Locating Rights to Education for Ensuring Every Student Succeeds

Authored By 
Eric Chung
Blog contributor 
Policy Fellow
February 23, 2016

Just as 2015 came to a close, the center of gravity for rights to education began moving again, this time back toward the states.

On December 10, 2015, President Obama signed the Every Student Succeeds Act (ESSA) into law, the latest renewal to the Elementary and Secondary Education Act of 1965 (ESEA). The ESEA was last renewed under the No Child Left Behind Act of 2001 (NCLB), a law that had instituted a number of federal accountability measures that states were expected to follow in order to receive federal funding and avoid sanctions. Hailed as a rare bipartisan effort in a widely divided federal government, the ESSA has been applauded on both sides of the political aisle as a step forward from what many have considered a broken system under NCLB. 

The ESSA responds to criticisms of federal overreach, an overemphasis on testing, and ineffectual accountability measures. The law establishes federal educational standards while returning much of the accountability and enforcement to the states. While the ESSA will be widely discussed for its educational standards and accountability, policymakers should not overlook that the law is also one squarely concerning rights to education. Are students entitled to a high quality education? Are students with additional needs, including English language learners and students with disabilities, entitled to resources that will allow them to receive equal educational opportunities?

Even after the bipartisan victory in December, the question of who is responsible for securing rights to education is still the elephant in the room. Ostensibly, the ESSA returns accountability and oversight to the states. At the same time, however, the law does not eschew the recognition that there is a federal responsibility for providing equal and adequate educational opportunities for every student. The purpose of the law is “to provide all children significant opportunity to receive a fair, equitable, and high-quality education, and to close educational achievement gaps.”

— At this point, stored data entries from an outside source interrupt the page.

// Expressions and programs, with every derived form expanded.

use crate::names::Ident;
use crate::types::{Params, TypeExpr};
use grift_base::drop_along;
use grift_base::operators::PrimOp;
use grift_base::places::Pos;

/// An expression and its place. What a derived form expands to has the place of that form.
#[cycle(expr)]
pub struct Expr {
    pub pos: Pos,
    pub node: ExprNode,
}

/// What an expression is.
#[cycle(expr)]
pub enum ExprNode {
    /// An integer.
    Int(i64),
    /// A truth value.
    Bool(bool),
    /// The one value `()`.
    Unit,
    /// The use of a name.
    Name(Ident),
    /// A function.
    Lambda(LambdaExpr),
    /// A call: the function and the arguments.
    Call(Box<Expr>, ExprList),
    /// Names for values, and the body.
    Let(Bindings, ExprList),
    /// Functions that may call one another, and the body.
    Letrec(Members, ExprList),
    /// The condition, and what is evaluated where it holds and where not.
    If(Box<Expr>, Box<Expr>, Box<Expr>),
    /// Expressions one after another.
    Begin(ExprList),
    /// An expression at a written type.
    Ascribe(Box<Expr>, TypeExpr),
    /// A tuple, by its parts.
    Tuple(ExprList),
    /// A part of a tuple: the tuple, the number of the part from 0, and the place of that number.
    Proj(Box<Expr>, i64, Pos),
    /// An operator and its operands.
    Prim(PrimOp, ExprList),
}

/// A function: its parameters, its result's type where one is written, and its body.
#[cycle(expr)]
pub struct LambdaExpr {
    pub pos: Pos,
    pub params: Params,
    pub result: Option<TypeExpr>,
    pub body: ExprList,
}

/// A name for a value: the name, its type where one is written, and the value.
#[cycle(expr)]
pub struct Binding {
    pub name: Ident,
    pub ty: Option<TypeExpr>,
    pub value: Expr,
}

/// A name for a function: the name, its type where one is written, and the function.
#[cycle(expr)]
pub struct Member {
    pub name: Ident,
    pub ty: Option<TypeExpr>,
    pub fun: LambdaExpr,
}

/// Expressions in order.
#[cycle(expr)]
pub enum ExprList {
    /// No expression.
    Nil,
    /// The first one, and those behind it.
    Cons(Box<Expr>, Box<ExprList>),
}

/// Names for values in order.
#[cycle(expr)]
pub enum Bindings {
    /// No name.
    Nil,
    /// The first one, and those behind it.
    Cons(Box<Binding>, Box<Bindings>),
}

/// Names for functions in order.
#[cycle(expr)]
pub enum Members {
    /// No name.
    Nil,
    /// The first one, and those behind it.
    Cons(Box<Member>, Box<Members>),
}

// By hand, so that each place where an expression goes is one call.
impl Drop for ExprNode {
    #[cycle(expr)]
    fn drop(self) {
        match self {
            ExprNode::Int(_) | ExprNode::Bool(_) | ExprNode::Unit => {}
            ExprNode::Name(name) => drop(name),
            ExprNode::Lambda(lambda) => drop(lambda),
            ExprNode::Call(function, arguments) => drop((function, arguments)),
            ExprNode::Let(bindings, body) => drop((bindings, body)),
            ExprNode::Letrec(members, body) => drop((members, body)),
            ExprNode::If(condition, on_true, on_false) => drop((condition, on_true, on_false)),
            ExprNode::Begin(list) | ExprNode::Tuple(list) | ExprNode::Prim(_, list) => drop(list),
            ExprNode::Ascribe(inner, ty) => drop((inner, ty)),
            ExprNode::Proj(tuple, _, _) => drop(tuple),
        }
    }
}

impl Drop for Expr {
    #[cycle(expr)]
    fn drop(self) {
        let Expr { pos: _, node } = self;
        drop(node);
    }
}

impl Drop for LambdaExpr {
    #[cycle(expr)]
    fn drop(self) {
        let LambdaExpr {
            pos: _,
            params,
            result,
            body,
        } = self;
        drop(params);
        drop(result);
        drop(body);
    }
}

impl Drop for Binding {
    #[cycle(expr)]
    fn drop(self) {
        let Binding { name, ty, value } = self;
        drop(name);
        drop(ty);
        drop(value);
    }
}

impl Binding {
    ghost use Rattle.std.specs.Prelude.{◌≡◌};

    /// The name, the type where one is written, and the value.
    pub fn parts(self) -> (Ident, Option<TypeExpr>, Expr)
        ensures { result ≡ (self.name, self.ty, self.value) }
    {
        let Binding { name, ty, value } = self;
        (name, ty, value)
    }
}

impl Drop for Member {
    #[cycle(expr)]
    fn drop(self) {
        let Member { name, ty, fun } = self;
        drop(name);
        drop(ty);
        drop(fun);
    }
}

// Loops, since a list may be longer than the process's stack is deep.
impl Drop for ExprList {
    #[cycle(expr)]
    fn drop(mut self) {
        drop_along!(self, ExprList)
    }
}

impl Drop for Bindings {
    #[cycle(expr)]
    fn drop(mut self) {
        drop_along!(self, Bindings)
    }
}

impl Drop for Members {
    #[cycle(expr)]
    fn drop(mut self) {
        drop_along!(self, Members)
    }
}

impl ExprList {
    ghost use Rattle.std.specs.Prelude.{◌≡◌, ◌<◌, IfNone, IfSome};
    ghost use Rattle.surface_trees.specs.Trees.{NoExprs, ExprThen};
    ghost use Rattle.surface_trees.specs.Views.{expr_of, exprs_of};
    ghost use Rattle.surface_trees.specs.declared.exprs.ExprList.{size-ExprList};

    /// The first expression and those behind it, if there is one.
    pub fn split(self) -> Option<(Box<Expr>, ExprList)>
        ensures none { IfNone result (exprs_of self ≡ NoExprs) }
        ensures some { IfSome result (λ two. exprs_of self ≡ ExprThen (expr_of two.0.value) (exprs_of two.1)) }
        ensures smaller { IfSome result (λ two. size-ExprList two.1 < size-ExprList self) }
    {
        match self {
            ExprList::Nil => None,
            ExprList::Cons(first, rest) => Some((first, Box::into_inner(rest))),
        }
    }
}

/// A program: its one expression, and how many forms its source has at top level.
pub struct Program {
    pub body: Expr,
    pub forms: u32,
}

// By hand, so that each place where one goes is one call.
impl Drop for Program {
    fn drop(self) {
        let Program { body, forms: _ } = self;
        drop(body);
    }
}
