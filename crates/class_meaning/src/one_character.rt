//! The nodes of a pattern's tree that match one character.
ghost use Rattle.std.specs.Prelude.{◌≡◌, MatchOption, IfOk};
ghost use Rattle.fancy_syntax.specs.View.{view};
ghost use Rattle.class_meaning.specs.ClassMeaning.{dot_config, IsMeaningOf};
ghost use Rattle.class_meaning.specs.EnginePattern.{engine_pattern};

use crate::class_text::{ClassMeaning, characters_of_class, config, read};
use fancy_syntax::Expr;
use regex_syntax::{Config, Flags, escape};
use std::alloc::{AllocError, Global};

/// The configuration for a dot.
fn config_of_dot(unicode: bool, newline: bool, crlf: bool) -> Config
    ensures { result ≡ dot_config unicode newline crlf }
{
    Config {
        flags: Flags {
            dot_matches_new_line: newline,
            unicode,
            crlf,
            ..Flags::default()
        },
        ..Config::default()
    }
}

/// What the engine makes of the node, with Unicode, as under `FLAG_UNICODE`, or without it.
pub fn characters_of(alloc: Global, node: &Expr, unicode: bool) -> Result<ClassMeaning, AllocError>
    ensures { IfOk result (λ meaning. MatchOption (engine_pattern unicode (view node.now))
        (meaning ≡ ClassMeaning.NotOneCharacter)
        (λ (config, text). IsMeaningOf config text meaning)) }
{
    if let Expr::Delegate { inner, casei } = node {
        return characters_of_class(alloc, inner.as_str(), *casei, unicode);
    }
    if let Expr::Literal { val, casei } = node {
        let text = escape(alloc, val.as_str())?;
        return read(alloc, text.as_str(), &config(unicode, *casei));
    }
    if let Expr::Any { newline, crlf } = node {
        return read(alloc, ".", &config_of_dot(unicode, *newline, *crlf));
    }
    Ok(ClassMeaning::NotOneCharacter)
}
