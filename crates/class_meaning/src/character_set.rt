//! Sets of characters.
ghost use Rattle.std.specs.Prelude.{◌≡◌, ℕ, true};
ghost use Rattle.regex_class.specs.Ranges.{in_ranges};
ghost use Rattle.regex_hir.specs.Text.{is_scalar};

use regex_class::{Class, ClassRange};
use std::alloc::{AllocError, Global};

/// The last character before the surrogates.
const BEFORE_SURROGATES: u32 = 0xD7FF;

/// The code points that are no characters.
const SURROGATES: ClassRange = (0xD800, 0xDFFF);

/// A set of characters.
#[derive(Debug, Drop)]
pub struct CharacterSet {
    /// The code points of the characters: sorted ranges, each with both its ends, that neither overlap nor touch.
    pub class: Class,
    pub ghost characters: { (c : ℕ) → in_ranges class.ranges.items c ≡ true → is_scalar c ≡ true },
}

impl CharacterSet {
    ghost use Rattle.std.specs.Prelude.{◌&&◌, ◌||◌, ◌==◌, ◌↔◌, false, IsTrue, IfOk};
    ghost use Rattle.class_meaning.specs.CharacterSet.{has_character};

    /// The characters of a class. Its surrogates are left out, since no text has one.
    pub fn new(class: Class) -> Result<CharacterSet, AllocError>
        ensures { IfOk result (λ set.
            (c : ℕ) → has_character set c ≡ (is_scalar c && in_ranges class.ranges.items c)) }
    {
        if class.is_within(BEFORE_SURROGATES) {
            return Ok(CharacterSet { class });
        }
        let alloc = *class.ranges.allocator();
        let surrogates = Class::from_ranges(alloc, &[SURROGATES])?;
        Ok(CharacterSet {
            class: class.difference(&surrogates)?,
        })
    }

    /// The set of one character.
    pub fn of_char(alloc: Global, c: char) -> Result<CharacterSet, AllocError>
        ensures { IfOk result (λ set. (d : ℕ) → has_character set d ≡ (d == c)) }
    {
        Ok(CharacterSet {
            class: Class::from_ranges(alloc, &[(c as u32, c as u32)])?,
        })
    }

    /// The ranges of the characters' code points, each with both its ends.
    pub fn ranges(&self) -> &[ClassRange]
        ensures { result.now ≡ self.now.class.ranges.items }
    {
        &self.class.ranges
    }

    /// Whether the character is in the set.
    pub fn contains(&self, c: char) -> bool
        ensures { result ≡ has_character self.now c }
    {
        self.class.contains(c as u32)
    }

    /// Whether the set has no character.
    pub fn is_empty(&self) -> bool
        ensures { IsTrue result ↔ ((c : ℕ) → has_character self.now c ≡ false) }
    {
        self.class.ranges.is_empty()
    }

    /// Whether each character of this set is in the other.
    pub fn is_subset_of(&self, other: &CharacterSet) -> Result<bool, AllocError>
        ensures { IfOk result (λ within. IsTrue within ↔ ((c : ℕ) →
            IsTrue (has_character self.now c) → IsTrue (has_character other.now c))) }
    {
        let others = self.class.difference(&other.class)?;
        Ok(others.ranges.is_empty())
    }

    /// Whether some character is in both sets.
    pub fn intersects(&self, other: &CharacterSet) -> Result<bool, AllocError>
        ensures { IfOk result (λ meets. IsTrue meets ↔ ((c : ℕ) ×
            IsTrue (has_character self.now c) × IsTrue (has_character other.now c))) }
    {
        let common = self.class.intersection(&other.class)?;
        Ok(!common.ranges.is_empty())
    }

    /// The characters of either set.
    pub fn union(&self, other: &CharacterSet) -> Result<CharacterSet, AllocError>
        ensures { IfOk result (λ set. (c : ℕ) → has_character set c
            ≡ (has_character self.now c || has_character other.now c)) }
    {
        Ok(CharacterSet {
            class: self.class.union(&other.class)?,
        })
    }
}

impl Clone for CharacterSet {
    ghost use Rattle.std.specs.Prelude.{IfOk};

    ghost is_clone = { λ old new. new.class.ranges.items ≡ old.class.ranges.items };

    fn clone(&self) -> Result<CharacterSet, AllocError>
        ensures { IfOk result (λ set. set.class.ranges.items ≡ self.now.class.ranges.items) }
    {
        Ok(CharacterSet {
            class: self.class.clone()?,
        })
    }
}
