//! The set of characters that a node of a pattern's tree matches, or why the matching engine refuses it.
#![tactic(auto)]

pub mod character_set;
pub mod class_text;
pub mod one_character;

pub use character_set::CharacterSet;
pub use class_text::{ClassMeaning, characters_of_class};
pub use one_character::characters_of;
pub use regex_syntax::{Error as ClassError, ErrorKind as ClassErrorKind, Span as ClassSpan};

Furthermore, as President Obama noted in his signing remarks, “this bill upholds the core value that animated the original ESEA signed by President Lyndon Johnson—the value that says education, the key to economic opportunity, is a civil right. With this bill, we affirm that fundamental American ideal that every child, regardless of race, income background, the zip code where they live, deserves the chance to make out their lives what they will.”

There is inevitably a tension when attempting to ensure that students will be entitled to certain rights regardless of zip code while deferring to each individual state to enforce those rights. While the ESSA moves the center back closer to the states, it stops short of fully addressing the challenging decision about how to structure a workable system of enforcement that protects every student in every school while recognizing battles over control between levels of government.

The tension is not a new one, and the ESSA should be included as the latest development in the history of a moving center of gravity for rights to education over the last 60 years. In 1954, the U.S. Supreme Court held in Brown v. Board of Education and in subsequent desegregation cases that every student is entitled to attend desegregated schools under the Fourteenth Amendment’s Equal Protection Clause in the U.S. Constitution. On similar grounds, the Court held in Plyler v. Doe (1982) that public primary and secondary education where available must be made available to all students. Meanwhile, the Civil Rights Act of 1964 extended federal protections against discrimination on the basis of race, color, national origin, and religion in public schools, and additional statutes including Title IX of the Education Amendments of 1972, the Equal Educational Opportunities Act of 1974, and the Individuals with Disabilities Education Act of 1990 affirmed and extended those protections to more groups of students. Today, these statutes are enforced by the U.S. Departments of Education and Justice.

During the same time period, the Court emphasized in San Antonio Independent School District v. Rodríguez (1973) that it is state and local governments that control education policymaking and in effect held that the right to education is not fundamental under the U.S. Constitution. Following the decision, lawsuits for educational equity and adequacy have widely moved to state courts under state constitutions with varying levels of success. And programs like under the NCLB, which had established federal standards with federal accountability measures to withhold funding from noncompliant states, have majorly deferred to the states. For years, the Bush and Obama Administrations have granted waivers for states to develop their own plans and avoid sanctions for noncompliance.

Together, these developments—along with many others that could be named—show the complexity of education policy that has refused a binary of state or federal-only control. The ESSA provides a short-term answer by suggesting greater state control, but it punts the question of how to fully protect what this country has recognized are rights that every student has to access adequate and equal educational opportunities. It gives a default to where we should turn first when educational standards are not being met, but it does not tell us where the lines are ultimately drawn when a student receives a failing education.

The debate continues. The ESSA should not by any measure be seen as its conclusion. Recognizing a system that truly works to protect the various rights to education must involve an honest, public discussion about what precisely are our federal rights to education and which institutions are in the most optimal positions to protect them. Everywhere around the country there is agreement that all students are entitled to adequate and equal educational opportunities, but we must continue asking the difficult question of how we ensure that education.

Eric Chung is currently a J.D. student at Yale Law School and a ISPS Graduate Policy Fellow. His research focuses on the intersections between law and comparative social policy, including in the fields of education, health, and welfare.